# WORK TASK
Report only the number of lines in the following entries where the word "Model" occurs.

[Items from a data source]
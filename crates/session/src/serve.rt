// A line served: the call that it asks for is made, and what the program prints for it is put into lent bytes. The contracts say that
// these bytes, and the state after, are those of document 01's definitions (specs/Serves.antt).
ghost use Rattle.std.specs.Prelude.{◌≡◌};
ghost use Rattle.scope.specs.Tables.Play.{Line, formatted};
ghost use Rattle.scope.specs.Tables.Session.{G};
ghost use Rattle.session.specs.Serves.{answered, shown, Serves};

use lines::Request;
use lines::print::{put_answer, put_word};
use std::marker::Model;
use trianglefire::{ENTRY_WORDS, RECORD_WORDS, SPARE_WORDS, tf_format, tf_read, tf_write};

// G: P = 2, W = 2, D = 3, T = 3, L = 3, C = 1.
// Kept: six constants, as the calls for C take six numbers; of a struct each call would name the fields again.
const P: u32 = 2;

const W: u32 = 2;

const D: u32 = 3;

const T: u32 = 3;

const L: u32 = 3;

const C: u32 = 1;

// The words of its 12 pages, of their spare, of its two translation pages' directory, of its one entry, and of the small record.
#[derive(Drop)]
pub struct Node {
    chip: [u32; 24],
    spare: [u32; 12 * SPARE_WORDS],
    directory: [u32; 2],
    cache: [u32; ENTRY_WORDS],
    record: [u32; RECORD_WORDS],
}

// A node is seen as its state.
impl Model for Node {
    ghost use Rattle.scope.specs.Lent.{State};
    ghost use Rattle.session.specs.Serves.{held};

    ghost Value = { State };

    ghost view = { λ n. held n.chip n.spare n.directory n.cache n.«record» };
}

impl Node {
    // A node that is formatted.
    pub fn formatted() -> Node
        ensures { result ≡ formatted G }
    {
        let mut node = Node {
            chip: [0; 24],
            spare: [0; 12 * SPARE_WORDS],
            directory: [0; 2],
            cache: [0; ENTRY_WORDS],
            record: [0; RECORD_WORDS],
        };
        let mut counts = [0u32; 3];
        tf_format(
            P,
            W,
            D,
            T,
            L,
            C,
            &mut node.chip,
            &mut node.spare,
            &mut node.directory,
            &mut node.cache,
            &mut node.record,
            &mut counts,
        );
        node
    }

    // Puts what is printed for a line; answers how many bytes that is, 0 for another line. Five numbers take at most 55 bytes.
    pub fn serve(&mut self, asked: Option<Request>, out: &mut [u8; 64]) -> usize
        ensures { Serves (shown asked self.old) self.new out.old out.new result }
    {
        match asked {
            Some(Request::Write(page, value)) => self.write_page(page, value, out),
            Some(Request::Read(page)) => self.read_page(page, out),
            None => 0,
        }
    }

    fn write_page(&mut self, page: u32, value: u32, out: &mut [u8; 64]) -> usize
        ensures { Serves (answered (Line.W page value) self.old) self.new out.old out.new result }
    {
        let buffer = [value; 2];
        let mut counts = [0u32; 3];
        let reply = tf_write(
            P,
            W,
            D,
            T,
            L,
            C,
            page,
            &mut self.chip,
            &mut self.spare,
            &mut self.directory,
            &mut self.cache,
            &mut self.record,
            &buffer,
            &mut counts,
        );
        put_answer(out, reply, counts)
    }

    fn read_page(&mut self, page: u32, out: &mut [u8; 64]) -> usize
        ensures { Serves (answered (Line.R page) self.old) self.new out.old out.new result }
    {
        let mut buffer = [0u32; 2];
        let mut counts = [0u32; 3];
        let reply = tf_read(
            P,
            W,
            D,
            T,
            L,
            C,
            page,
            &mut self.chip,
            &mut self.spare,
            &mut self.directory,
            &mut self.cache,
            &mut self.record,
            &mut buffer,
            &mut counts,
        );
        if reply == 0 {
            put_word(out, reply, counts, buffer[0])
        } else {
            put_answer(out, reply, counts)
        }
    }
}
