// Document 01's session program: formats G, reads lines from standard input and prints what each is answered.
//
// What a line means is proved in crate `lines`; that the bytes printed for it, and the state after it, are those of 01's definitions is
// proved in serve.rt. No contract can say what is read and written: the functions here, which feed the input to the one and write what
// the other gives, are proved safe and ending, and the program is run on 01's session (stdin, stdout) and by tests/session. A read or a
// write that fails ends the program with its error.
#![tactic(auto)]

mod serve;

use crate::serve::Node;
use lines::Line;
use std::io;
use std::io::Read;

// Prints what the line asks for, which ends here.
fn answer(to: &impl Print, node: &mut Node, line: Line) -> io::Result<()> {
    let mut out = [0u8; 64];
    let n = node.serve(lines::finish(line), &mut out);
    to.write_all(&out[..n])
}

// One byte: a newline ends the line.
fn step(to: &impl Print, node: &mut Node, line: Line, byte: u8) -> io::Result<Line> {
    if byte != b'\n' {
        return Ok(lines::feed(line, byte));
    }
    answer(to, node, line)?;
    Ok(Line::Start)
}

// Reads to the end of the input; the last line may lack its newline.
fn run(from: &mut impl Read, to: &impl Print, node: &mut Node) -> io::Result<()> {
    let mut line = Line::Start;
    let mut buffer = [0u8; 65536];
    // Kept: a count that no input reaches, since every loop is proved to end.
    for _ in 0..u64::MAX {
        let n = from.read(&mut buffer)?;
        if n == 0 {
            break;
        }
        for byte in &buffer[..n] {
            line = step(to, node, line, *byte)?;
        }
    }
    answer(to, node, line)
}

fn main(rt: HostRuntime) -> io::Result<()> {
    run(&mut rt.stdin(), &rt, &mut Node::formatted())
}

# WRITTEN RESPONSE
2